TASK DETAILS →
With "none" as the search word, show every line of the material that has it.

··········

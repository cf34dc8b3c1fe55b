//! Terms of the values of a block's documents, and the ends of prefixes. The expected bytes are worked out by hand: of a term the field's number
//! with its highest byte first, the letter of the type and the value.

use std::alloc::Global;
use std::test::Fail;
use tv_blocks::{BlockError, LineAnswer, end_of_prefix, import_lines, terms_of_block};
use tv_reader::DocStoreVersion;

const SCHEMA: &[u8] = br#"[{"name":"u","type":"u64","options":{"indexed":true,"stored":true}}]"#;

const LINES: &[u8] = b"{\"u\":[258,1]}\n{}\n{\"u\":3}\n";

// Where nothing was written.
const KEPT: u8 = 0xa5;

// The terms of 258 and 1 of document 0, and of 3 of document 2: the document, the length of the term, and the term.
const TERMS: &[u8] = b"\0\0\0\0\0\0\0\0\x0d\0\0\0\0\0\0\0\0\0\0\0u\0\0\0\0\0\0\x01\x02\
\0\0\0\0\0\0\0\0\x0d\0\0\0\0\0\0\0\0\0\0\0u\0\0\0\0\0\0\0\x01\
\x02\0\0\0\0\0\0\0\x0d\0\0\0\0\0\0\0\0\0\0\0u\0\0\0\0\0\0\0\x03";

#[test]
fn terms_of_a_block_are_written(rt: HostRuntime) -> Result<(), Fail> {
    let alloc = rt.alloc();
    let mut block = [KEPT; 256];
    let none = LineAnswer {
        status: 0,
        field: 0,
        bytes: 0,
    };
    let imported = import_lines(alloc, SCHEMA, LINES, &mut block, &mut [none; 3]).expect(
        &rt, "a block",
    );
    let block = &block[..imported.bytes as usize];
    let mut terms = [KEPT; 100];
    let written = terms_of_block(alloc, 0, DocStoreVersion::V2, block, &mut terms);
    assert!(rt; written == Ok(87) && terms.starts_with(TERMS) && terms.ends_with(&[KEPT; 13]));
    let mut short = [KEPT; 86];
    let refused = terms_of_block(alloc, 0, DocStoreVersion::V2, block, &mut short);
    assert!(rt;
        refused
            == Err(BlockError::TooSmall {
                bytes: 87,
                lines: 0
            })
            && short == [KEPT; 86]
    );
    Ok(())
}

// Whether this is written as the end of the prefix.
fn has_end(alloc: Global, prefix: &[u8], expected: &[u8]) -> bool {
    let mut end = [KEPT; 4];
    match end_of_prefix(alloc, prefix, &mut end) {
        Ok(len) => end.starts_with(expected) && len == expected.len() as u64,
        Err(_) => false,
    }
}

#[test]
fn prefixes_have_ends(rt: HostRuntime) -> Result<(), Fail> {
    let alloc = rt.alloc();
    assert!(rt; has_end(alloc, b"ab", b"ac") && has_end(alloc, b"a\xff\xff", b"b"));
    let mut end = [KEPT; 4];
    assert!(rt;
        end_of_prefix(alloc, b"\xff\xff", &mut end) == Err(BlockError::NoEnd) && end == [KEPT; 4]
    );
    assert!(rt; end_of_prefix(alloc, b"", &mut end) == Err(BlockError::NoEnd));
    Ok(())
}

··········

RESULT BELOW →
    let none = LineAnswer {
    let imported = import_lines(alloc, SCHEMA, LINES, &mut block, &mut [none; 3]).expect(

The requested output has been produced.